Legislation pushed by Rauner seeks to put more restrictions on executive directors of the development authorities. The legislation says no person can serve as executive director of more than one regional authority. The executive director must also live within the region covered by the authority. And no person "with any form of financial interest or business relationship, formal or informal, in any economic development consulting, lobbying, or advising business may serve as an RDA executive."

Hamilton said any changes imposed to the authorities should be put in context. The Upper Illinois River Valley Development Authority is responsible for the creation of nearly 3,000 jobs and more than $300 million of investment "at absolutely no cost to the Illinois taxpayers," Hamilton said.


His roles with the eight authorities he leads, he said, are all part time, so he receives no retirement or health benefits.
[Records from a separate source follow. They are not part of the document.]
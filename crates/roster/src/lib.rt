// Stations by number: what a roster is, the roster of tables, and the layer of couplings over any roster.
#![tactic(auto)]

mod coupled;
mod coupling;
mod facts;
mod joint;
mod mask;
mod moves;
mod pairs;
mod roster;

pub use coupled::Coupled;
pub use joint::{Obstacle, find_obstacle};
pub use roster::Roster;
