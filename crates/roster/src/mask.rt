// Sets of numbers below 64, one bit for each.
ghost use Rattle.std.specs.Prelude.{◌≡◌, ℕ, ◌<◌, ◌||◌, ◌==◌};
ghost use Rattle.roster.specs.Bits.{bit};

// Whether a number is in a set.
pub fn is_in(set: u64, number: u32) -> bool
    requires { number < 64 }
    ensures { result ≡ bit set number }
{
    set >> number & 1 == 1
}

// A set, and a number more.
pub fn with(set: u64, number: u32) -> u64
    requires { number < 64 }
    ensures { (q : ℕ) → bit result q ≡ (bit set q || number == q) }
{
    set | 1u64 << number
}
The authorities receive no operational funds from the state. All funding comes through fees charged to private-sector businesses that apply for assistance from the authorities.

That information may address some of Kane County's concerns, but Lauzen appeared ready to push for a change in Kane County's representation to the authority. He told county board members Meyers has not responded to three requests for more information about the authority despite having a month to do so.

"That person that is not representing us should either resign or be removed from office," Lauzen said.

Meyers has been Kane County's representative to the authority's board since 2000, according to the state of Illinois' website. His term expires every three years. Meyers' current appointment will expire Jan. 21. Lauzen would have the ability to appoint a new representative at that time.

The statute indicates he does not need the approval of the county board. The position is uncompensated except for expenses.

Meyers could not be reached for comment. He will appear before Lauzen's executive committee to answer questions on Oct. 3.